Spritle or anyone else,

I didn’t see this question specifically addresed - do the same criteria apply? Or would one need to do numerous different samples for the normal ditribution assumption to apply? I guess what I’m trying to understand is what to do if you don’t use the normal distribution assumption for a given population. Or is that a valid approach to take?

Aaaaaah…Spritle, thanks for telling me that I’m not so far away(which means at least some fraction of what they give in class stays in my head). I’m only taking an introductory course and that is the equation that we are using right now.

It’s not entirely obvious that math can be done without zero, but in fact, the numbers {1, 2, 3, …} were good enough for most everything way back when. I think the biggest impact of the invention of zero was that it paved the way for negatives, fractions, irrationals, and imaginaries, all of which are very important these days, both in pure math and its applications. It also led to a place-based representation of numbers, which required the memorization of fewer symbols than the Roman system. This also led to the simplification of arithmetic (ever tried doing long division with Roman numerals?).

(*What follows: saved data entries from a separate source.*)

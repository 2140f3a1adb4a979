//! Parts of one name that came in their order behind a message, and nothing else: they are kept once.

ghost use Rattle.std.specs.Prelude.{◌≡◌, ◌≤◌, true, false, Option, length, IfOk, OnOk};
ghost use Rattle.lpt_packet.specs.Sizes.{longest_packet};
ghost use Rattle.lpt_layout.specs.Parts.{piece};
ghost use Rattle.std.specs.Option.{option_map};
ghost use Rattle.lpt_layout_join.specs.Came.{Came};
ghost use Rattle.lpt_layout_join.specs.CameInside.{Shows};
ghost use Rattle.lpt_layout_each.specs.Eaches as each;
ghost use Rattle.lpt_layout_each.specs.Helds.{Follows, Holds, ShowsSome, Steps, broken_course, goes_on, goes_on_alone};

use crate::NewsAs;
use crate::course::CourseAs;
use crate::held::{HeldAs, begin, is_old};
use crate::run::RunAs;
use lpt_carried::Reading;
use lpt_layout::PartAs;
use lpt_layout_join::{CameAs, Order, unfit};
use std::alloc::{AllocError, Global};
use std::mem;

impl CourseAs {
    // Whether a part is the next of those that came alone, or one of these again, and none of the
    // last message.
    pub(crate) fn goes_on_alone(&self, part: &PartAs<'_>) -> bool
        requires number { 1 ≤ part.now.number }
        requires short { length part.now.octets.now ≤ longest_packet }
        ensures { (c : each.Course) → Follows c self.now
            → result ≡ goes_on_alone self.now c.held.last (piece part.now) }
    {
        self.alone && goes_on(self.run.order, part.number) && !is_old(&self.held.last, part)
    }

    // Keeps what came alone as if other parts came too. The only error is out of memory.
    pub(crate) fn spread(&mut self, alloc: Global) -> Result<(), AllocError>
        ensures follows { (c : each.Course) → Follows c self.old → OnOk result (Follows c self.new) }
        ensures apart { OnOk result (self.new.alone ≡ false) }
    {
        if self.alone {
            self.held.all = copy_behind(alloc, &self.held.last, &self.held.rest)?;
            self.run.came = self.held.rest.copy(alloc)?;
            self.alone = false;
        }
        Ok(())
    }

    // Takes such a part, up to which so many counts are missing. The only error is out of memory.
    pub(crate) fn add_alone(
        &mut self,
        alloc: Global,
        reading: &Reading,
        any: bool,
        missing: u64,
        place: u64,
        part: &PartAs<'_>,
    ) -> Result<Option<NewsAs>, AllocError>
        requires number { 1 ≤ part.now.number }
        requires short { length part.now.octets.now ≤ longest_packet }
        ensures { (c : each.Course) → Follows c self.old
            → goes_on_alone self.old c.held.last (piece part.now) ≡ true → IfOk result (λ news.
            Steps (self.new, news) (each.step reading.now any missing c (piece part.now))) }
    {
        self.run.order = self.run.order.with(part.number, missing);
        self.held.rest.take_from(place, part)?;
        if self.held.rest.against().is_some() {
            let held = begin(alloc, self.held.last.take(), place, part)?;
            let before = mem::replace(self, CourseAs::with_held(alloc, held));
            return Ok(Some(NewsAs::Dropped(before.into_new())));
        }
        let Some(message) = self.held.rest.message(alloc)? else {
            return Ok(None);
        };
        let sure = self.run.order.is_whole(self.held.rest.last());
        match unfit(reading, any, sure, message.as_slice()) {
            None => {
                let came = mem::replace(&mut self.held.rest, CameAs::new(alloc));
                *self = CourseAs::behind(alloc, Some(came));
                Ok(Some(NewsAs::Given(message)))
            }
            Some(misfit) => {
                *self = CourseAs::behind(alloc, self.held.last.take());
                Ok(Some(NewsAs::Unfit(misfit)))
            }
        }
    }

    // Parts were given up, and this is held.
    fn with_held(alloc: Global, held: HeldAs) -> CourseAs
        ensures { (h : each.Held) → Holds h held → Follows (broken_course h) result }
    {
        CourseAs {
            held,
            run: RunAs::none(alloc),
            alone: false,
            stale: false,
            gave: false,
        }
    }
}

// Whether a part of this number is the next of those in this order, or one of these again.
fn goes_on(order: Order, number: u32) -> bool
    ensures { result ≡ goes_on order number }
{
    if number == 1 {
        return order.count == 0;
    }
    u64::from(number) <= u64::from(order.count) + 1
}

// What came, a second time, if there is a message before it. The only error is out of memory.
fn copy_behind(
    alloc: Global,
    last: &Option<CameAs>,
    came: &CameAs,
) -> Result<Option<CameAs>, AllocError>
    ensures { (l : Option Came) (c : Came) → ShowsSome l last.now → Shows c came.now
        → IfOk result (ShowsSome (option_map (λ _. c) l)) }
{
    match last {
        None => Ok(None),
        Some(_) => Ok(Some(came.copy(alloc)?)),
    }
}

If you’ve got some time to read, check out this site.

I know this is not actually answering your question, but this book, despite initial appearances, is one of the most interesting books I think I’ve ever read. It deals mightily with the history of zero and its impacts on religion (why it was invented by Arabs but rejected by Europeans and so on), science, philosophy, etc. More than you ever wanted to know about nothing.

I read it too long ago to adequately explain zero’s significance, but probably wouldn’t if I could- the book is one anyone with any interest in the subject should really read for themselves.